* [About this task] Write the data below out again, with each line matching the original.

* [Extracted information]
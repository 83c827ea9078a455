// Units in a lent list (document 01, Outcomes and Recipients), 3 octets each: read, written, looked for, and put in order.
#![tactic(auto)]

mod rising;

ghost use Rattle.std.specs.Prelude.{◌≡◌, ◌+◌, ◌*◌, ◌^◌, ◌<◌, ◌≤◌, length};
ghost use Rattle.std.proofs.lemmas.List.Edits.{sets};
ghost use Rattle.rules.specs.Lists.{has};
ghost use Rattle.rules.specs.Units.{three_octets};
ghost use Rattle.units.specs.Listing.{units};

pub use rising::order;

// A unit's three octets.
fn three_octets(u: u32) -> [u8; 3]
    requires { u < 2 ^ 24 }
    ensures { result ≡ three_octets u }
{
    [(u / 65536) as u8, (u / 256 % 256) as u8, (u % 256) as u8]
}

// Writes a unit behind the first n.
pub fn append(list: &mut [u8], n: usize, u: u32)
    requires { (3 * n + 3 ≤ length list.old) × (u < 2 ^ 24) }
    ensures { list.new ≡ sets list.old (3 * n) (three_octets u) }
{
    octets::write_at(list, 3 * n, &three_octets(u));
}

// Is this unit one of the first n?
pub fn listed(list: &[u8], n: usize, u: u32) -> bool
    requires { 3 * n ≤ length list.now }
    ensures { result ≡ has u (units n list.now) }
{
    (0..n).any(|i| layouts::unit_at(list, 3 * i) == u)
}
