//! What a script is answered before a read or a write fails is the beginning of what a function gives for its whole input.

ghost use Rattle.std.specs.Prelude.{ℕ, List};
ghost use Rattle.gs_base.specs.declared.config.Config.{Config};
ghost use Rattle.gs_laws_scripts.specs.stops.Stopped.{AnswersUntilAReadFails, AnswersUntilAWriteFails};

/// Over empty disks, and where memory isn't wanting and no disk fails, a script that a read stops has answered its first lines, and the texts are as many of those that a function gives of the configuration and the whole input, from the first
/// on. So it is of the lines whose answers were written before a write that fails, and of these with the line of that answer, which was made though no more than a beginning of it is written.
pub fn a_stopped_script_answers_the_beginning_of_its_input<D>()
    ensures read_fails { (seen : D → List ℕ) (failures : D → ℕ) (config : Config) (disks : D × D) → AnswersUntilAReadFails seen failures config disks }
    ensures write_fails { (seen : D → List ℕ) (failures : D → ℕ) (config : Config) (disks : D × D) → AnswersUntilAWriteFails seen failures config disks }
{}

* [Exercise output]
repository 83c827ea9078a455
// Units in a lent list (document 01, Outcomes and Recipients), 3 octets each: read, written, looked for, and put in order.
#![tactic(auto)]

mod rising;

ghost use Rattle.std.specs.Prelude.{◌≡◌, ◌+◌, ◌*◌, ◌^◌, ◌<◌, ◌≤◌, length};
ghost use Rattle.std.proofs.lemmas.List.Edits.{sets};
ghost use Rattle.rules.specs.Lists.{has};
ghost use Rattle.rules.specs.Units.{three_octets};
ghost use Rattle.units.specs.Listing.{units};

pub use rising::order;

// A unit's three octets.
fn three_octets(u: u32) -> [u8; 3]
    requires { u < 2 ^ 24 }
    ensures { result ≡ three_octets u }
{
    [(u / 65536) as u8, (u / 256 % 256) as u8, (u % 256) as u8]
}

// Writes a unit behind the first n.
pub fn append(list: &mut [u8], n: usize, u: u32)
    requires { (3 * n + 3 ≤ length list.old) × (u < 2 ^ 24) }
    ensures { list.new ≡ sets list.old (3 * n) (three_octets u) }
{
    octets::write_at(list, 3 * n, &three_octets(u));
}

// Is this unit one of the first n?
pub fn listed(list: &[u8], n: usize, u: u32) -> bool
    requires { 3 * n ≤ length list.now }
    ensures { result ≡ has u (units n list.now) }
{
    (0..n).any(|i| layouts::unit_at(list, 3 * i) == u)
}
//! What a script is answered before a read or a write fails is the beginning of what a function gives for its whole input.

ghost use Rattle.std.specs.Prelude.{ℕ, List};
ghost use Rattle.gs_base.specs.declared.config.Config.{Config};
ghost use Rattle.gs_laws_scripts.specs.stops.Stopped.{AnswersUntilAReadFails, AnswersUntilAWriteFails};

/// Over empty disks, and where memory isn't wanting and no disk fails, a script that a read stops has answered its first lines, and the texts are as many of those that a function gives of the configuration and the whole input, from the first
/// on. So it is of the lines whose answers were written before a write that fails, and of these with the line of that answer, which was made though no more than a beginning of it is written.
pub fn a_stopped_script_answers_the_beginning_of_its_input<D>()
    ensures read_fails { (seen : D → List ℕ) (failures : D → ℕ) (config : Config) (disks : D × D) → AnswersUntilAReadFails seen failures config disks }
    ensures write_fails { (seen : D → List ℕ) (failures : D → ℕ) (config : Config) (disks : D × D) → AnswersUntilAWriteFails seen failures config disks }
{}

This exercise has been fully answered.